His wife Mona's name has multiple possible meanings. Perhaps the most
apposite is that of the Greek word for monad, meaning “singular” or “one”.
Mona can also be a female derivative of Simon, which can mean “God has
heard.”

Adrian can imply “dark” or, in its Latin origin, “of the Adriatic” -
certainly appropriate given both the baby's fate and the watery setting.

The opposing city, *Les Sables-D'Olonne*, is a real seaside town in Western
France on the Atlantic, and its meaning is “the sands of Olonne”. This
clearly sets the world as “ours”. It does not seem possible to identify
which (probably coastal) town our point of view characters live upon, as it
seems the portions of the continent which have been broken apart and stayed
afloat have been doing so for generations.

A man named Parsons shows him the city in their path – and this
occupational surname indicates someone in a parson's household or a close
family member of a parson. The geologist he phoned, Dr. Lantz, has a name
which implies “land” or “territory”.

The friend of our narrator who also works as a geologist is identified as
Martin Sutton. Martin means “warring” or “warrior of Mars” and Sutton can
imply “southern town” or someone from that town.
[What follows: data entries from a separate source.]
// Seven relays x0, x1, x, y0, y1, y and z, in this order. After a step x0 and x1 are as they were not, x is on where x0 or x1
// was, y0 and y1 where x was and they were not, y where y0 or y1 was, and z where x and y were. At the start x0 differs from
// x1 and y0 from y1, and x, y and z are on. The safety clause is z.
use crate::works::{ROOM, blank_book};
use counting::Counter;
use histories::Verdict;
use keeping::{Engine, Keeping};
use search::Search;
use std::alloc::Global;
use work::{Judged, judge};

// The bytes of the case.
pub const SEVEN: [u8; 100] = [
    7, 0, 0, 0, 7, 0, 19, 0, 1, 0, 18, 0, 36, 0, 98, 0, 100, 0, //
    // start: x0 or x1, and not both; y0 or y1, and not both; x; y; z
    2, 0, 2, 2, 1, 3, 2, 6, 8, 2, 7, 9, 1, 4, 1, 10, 1, 12, //
    // step of x0, x1
    2, 0, 0x40, 2, 1, 0x41, 2, 2, 0x42, 2, 3, 0x43, //
    // of x
    2, 1, 0x44, 2, 3, 0x44, 3, 0, 2, 0x45, //
    // of y0, y1
    2, 4, 0x47, 2, 7, 0x47, 3, 5, 6, 0x46, //
    2, 4, 0x49, 2, 9, 0x49, 3, 5, 8, 0x48, //
    // of y
    2, 7, 0x4a, 2, 9, 0x4a, 3, 6, 8, 0x4b, //
    // of z
    2, 4, 0x4d, 2, 10, 0x4d, 3, 5, 11, 0x4c, //
    // safety: z
    1, 12,
];

// The verdict and how many places are used, of 128: as many as there are states, with which no turn is refused.
fn judged<E: Engine>(heap: Global) -> Option<(Verdict, usize)> {
    let mut solver = Keeping::<E>::new(heap, ROOM).ok()?;
    let mut book = blank_book(heap, 128).ok()?;
    let Judged { closed, refused } = judge(heap, &SEVEN, &mut solver, book.as_mut_slice()).ok()?;
    let look = closed.look();
    closed.put_away();
    match refused {
        Some(_fault) => None,
        None => Some((look.verdict, look.used)),
    }
}

// Both find the same states, since both try false first.
#[test]
fn counting_holds(rt: HostRuntime) {
    assert_eq!(rt; judged::<Counter>(rt.alloc()), Some((Verdict::Holds, 15)));
}

#[test]
fn propagating_holds(rt: HostRuntime) {
    assert_eq!(rt; judged::<Search>(rt.alloc()), Some((Verdict::Holds, 15)));
}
The woman who drives his wife to the hospital, Edith Benson, has a first
name which is derived from an Old English name meaning “wealth” and “war”.
Her last name can imply the son of Ben (which in turns means “son of the
south” or “son of the right hand”). Thus we have two names meaning the same
thing: war and the south. Clearly this future is headed for a destructive
war even if the two land masses eventually collide.

 UNANSWERED QUESTIONS:

 Why have the continents been sundered, with small portions still adrift?
Are there any larger land masses? While it is clearly our future, has a
true catastrophe like nuclear war served to break apart the continents into
small, porous sections? Judging from the thematic undercurrent of the story
(that those in power would rather risk absolute destruction than
voluntarily give up an iota of control or allow a concession) a
technological weapon employed during war might be a viable reason for the
current state of the world.


 UNANSWERED QUESTIONS:


 Is there any way to determine which city our characters live upon? They
eat wieners and sauerkraut, but there is little reason to believe that it
is necessarily German or even European, though it was perhaps originally a
coastal city.


 CONNECTION WITH OTHER WORKS


 Certainly this bears a superficial resemblance to Wolfe's other “floating
city” story: “Civis Laputus Sum”. However, this has more in common with the
slightly more libertarian themes of his later fiction, such as “Viewpoint”
and even, more subtly, “Bloodsport”. The infinite vastness of the ocean is
on display in many of Wolfe's important works. His treatment of the abyss
of space seems inimically more “parasitic” and transformative to humans but
has the same feel of isolation. Looking at parallels such as “Silhouette”,
“Alien Stones”, or “Leif in the Wind” might be interesting.